Block Bleedin' the G-Dubya Way
Any reasonable person would have to conclude that as Leaders of the Free World, BushCo. took a beating this year -- Social Security privatization is a failure of Ishtar-like proportions, GWB's approval rating is nearly as low as his IQ, Baghdad is still burning and Terry Schiavo is still dead. So it all sounded a little mewling and pathetic when the GOP faithful were crowing about their legislative victories this week.
But as Krugman points out, this is what they really care about:
Let's start with the energy bill. Even the bill's supporters barely pretend that it will do anything to reduce America's dependence on imported oil. It's simply an exercise in corporate welfare, full of subsidies and targeted tax breaks.And the truly humiliating part of the article? I'd heard that the "global war on terrorism" had been downgraded to the "global struggle against violent extremism," but was I asleep when they announced that this policy was henceforth to be known as "gee-save"? So they've got, like, some middle aged neocon wiggers writing Pentagon slogans now?

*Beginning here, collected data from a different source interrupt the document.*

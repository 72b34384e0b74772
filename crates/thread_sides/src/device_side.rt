//! The device with its ends of the queues.
ghost use Rattle.std.specs.Prelude.{◌≡◌, [], false, replicate};
ghost use Rattle.order_model.specs.Device.{IsUntouched};
ghost use Rattle.order_model.specs.Machine.{machine_of};
ghost use Rattle.thread_sides.specs.DeviceReplay.{WasInSide};

use crate::events::DeviceEvent;
use crate::id_flags::IdFlags;
use crate::names::{OpensDevice, PartNames};
use crate::receiving::take_receivable;
use blk_base::NoMemory;
use order_model::{Command, Completion, Inlet, OrderedDev, Outlet};
use schedulers::dispatch::{CommandEnd, PostEnd};
use std::alloc::Global;
use std::marker::Model;
use std::sync::Wait;

/// The device of a session, its two ends of the queues, and its events.
///
/// A completion that the full queue refused is kept here, and is the next that is sent. A command that the device may not be
/// given is put aside, and no further one is taken then.
pub struct DeviceSide<'a, D: OrderedDev + OpensDevice, N: PartNames, H: Wait> {
    dev: D,
    flags: IdFlags,
    kept: Option<Completion>,
    unfit: Option<Command>,
    from: CommandEnd<'a, N, H>,
    out: PostEnd<'a, N, H>,
    events: Vec<DeviceEvent>,
}

impl<'a, D: OrderedDev + OpensDevice, N: PartNames, H: Wait> Model for DeviceSide<'a, D, N, H> {
    ghost use Rattle.order_model.specs.Machine.{machine_of};
    ghost use Rattle.thread_sides.specs.DeviceReplay.{DeviceSideSeen, IsDeviceReplay};

    ghost Value = { DeviceSideSeen };

    ghost view = { λ s. record { seen = D.seen (D.state s.dev); events = s.events.items; sent = s.out.passed; taken = s.from.passed } };

    ghost invariant = { λ s. IsDeviceReplay (machine_of D.OrderedDev) (D.state (D.opened_over N.image N.setup)) (record { now = record { dev = D.state s.dev; flags = s.flags; kept = s.kept; unfit = s.unfit }; events = s.events.items; sent = s.out.passed; taken = s.from.passed }) };
}

impl<'a, D: OrderedDev + OpensDevice, N: PartNames, H: Wait> DeviceSide<'a, D, N, H> {
    /// The side of the device that the session opens, with one flag for each id.
    pub fn open(
        alloc: Global,
        dev: D,
        flags: IdFlags,
        from: CommandEnd<'a, N, H>,
        out: PostEnd<'a, N, H>,
    ) -> DeviceSide<'a, D, N, H>
        requires opened { D.state dev ≡ D.state (D.opened_over N.image N.setup) }
        requires new { IsUntouched (D.seen (D.state dev)) }
        requires flags { flags ≡ replicate (D.seen (D.state dev)).limit false }
        requires ends { (from.passed ≡ []) × (out.passed ≡ []) }
        ensures seen { result.seen ≡ D.seen (D.state dev) }
        ensures events { result.events ≡ [] }
    {
        DeviceSide {
            dev,
            flags,
            kept: None,
            unfit: None,
            from,
            out,
            events: Vec::new(alloc),
        }
    }

    /// The device takes the next command, where there is one and there is room. Tells whether anything was done.
    pub fn receive(&mut self) -> Result<bool, NoMemory> {
        self.events.reserve(1)?;
        if self.unfit.is_some() || !self.dev.room() {
            return Ok(false);
        }
        let blocks = self.dev.blocks();
        let Some(command) = self.from.take() else {
            return Ok(false);
        };
        if take_receivable(&mut self.flags, blocks, &command) {
            self.dev.take_in(&command);
            self.events.push_reserved(DeviceEvent::Receive);
        } else {
            // The flags may say some of its ids already, and are of no use any more.
            self.unfit = Some(command);
            self.flags.clear();
            self.events.push_reserved(DeviceEvent::Receive);
        }
        Ok(true)
    }

    /// The device transfers the command of this pick. Tells whether there was one.
    pub fn transfer(&mut self, pick: u32) -> Result<bool, NoMemory> {
        self.events.reserve(1)?;
        let _ = self.dev.blocks();
        if pick >= self.dev.can_transfer() {
            return Ok(false);
        }
        self.dev.transfer(pick);
        self.events.push_reserved(DeviceEvent::Transfer(pick));
        Ok(true)
    }

    /// The device writes the block of this pick to the medium. Tells whether there was one.
    pub fn persist(&mut self, pick: u32) -> Result<bool, NoMemory> {
        self.events.reserve(1)?;
        let _ = self.dev.blocks();
        if pick >= self.dev.can_persist() {
            return Ok(false);
        }
        self.dev.persist(pick);
        self.events.push_reserved(DeviceEvent::Persist(pick));
        Ok(true)
    }

    /// The completion that is kept is sent, or else the device's next one. Tells whether anything was done.
    pub fn answer(&mut self) -> Result<bool, NoMemory> {
        self.events.reserve(1)?;
        let _ = self.dev.blocks();
        if let Some(completion) = self.kept {
            return match self.out.put(completion) {
                Ok(()) => {
                    self.kept = None;
                    self.events.push_reserved(DeviceEvent::Answer(false));
                    Ok(true)
                }
                Err(_) => Ok(false),
            };
        }
        let Some(completion) = self.dev.answer() else {
            return Ok(false);
        };
        match self.out.put(completion) {
            Ok(()) => self.events.push_reserved(DeviceEvent::Answer(false)),
            Err(back) => {
                self.kept = Some(back);
                self.events.push_reserved(DeviceEvent::Answer(true));
            }
        }
        Ok(true)
    }

    /// As `transfer` does, with the pick that this word gives.
    pub fn transfer_word(&mut self, word: u32) -> Result<bool, NoMemory> {
        let count = self.dev.can_transfer();
        let pick = if count == 0 { 0 } else { word % count };
        self.transfer(pick)
    }

    /// As `persist` does, with the pick that this word gives.
    pub fn persist_word(&mut self, word: u32) -> Result<bool, NoMemory> {
        let count = self.dev.can_persist();
        let pick = if count == 0 { 0 } else { word % count };
        self.persist(pick)
    }

    pub fn dev(&self) -> &D
        ensures { D.seen (D.state result.now) ≡ self.now.seen }
    {
        &self.dev
    }

    pub fn events(&self) -> &[DeviceEvent]
        ensures { result.now ≡ self.now.events }
    {
        self.events.as_slice()
    }

    /// Takes the side apart.
    pub fn into_parts(self) -> (D, Vec<DeviceEvent>, CommandEnd<'a, N, H>, PostEnd<'a, N, H>)
        ensures side { WasInSide (machine_of D.OrderedDev) (D.state (D.opened_over N.image N.setup)) (D.state result.0) result.1.items result.3.passed result.2.passed }
        ensures seen { D.seen (D.state result.0) ≡ self.entry.seen }
    {
        let DeviceSide {
            dev,
            flags: _,
            kept: _,
            unfit: _,
            from,
            out,
            events,
        } = self;
        (dev, events, from, out)
    }
}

Then there's the pork-stuffed highway bill. I guess we'll have to stop making fun of Japanese public works spending: now America, too, is building bridges to islands that have almost no inhabitants, but lie in the districts of influential legislators.
Finally, Cafta contains "free trade" in its title, but that's misleading. The administration rammed the bill through the House by, among other things, promising to limit imports of clothing from China; over all, the effect may well be to reduce, not increase, international trade. But pharmaceutical companies got measures that protect and extend their monopoly rights in Central America.
These bills don't have anything to do with governing, if governing means trying to achieve actual policy goals like energy independence or expanded trade. They're just machine politics at work, favors granted in return for favors received.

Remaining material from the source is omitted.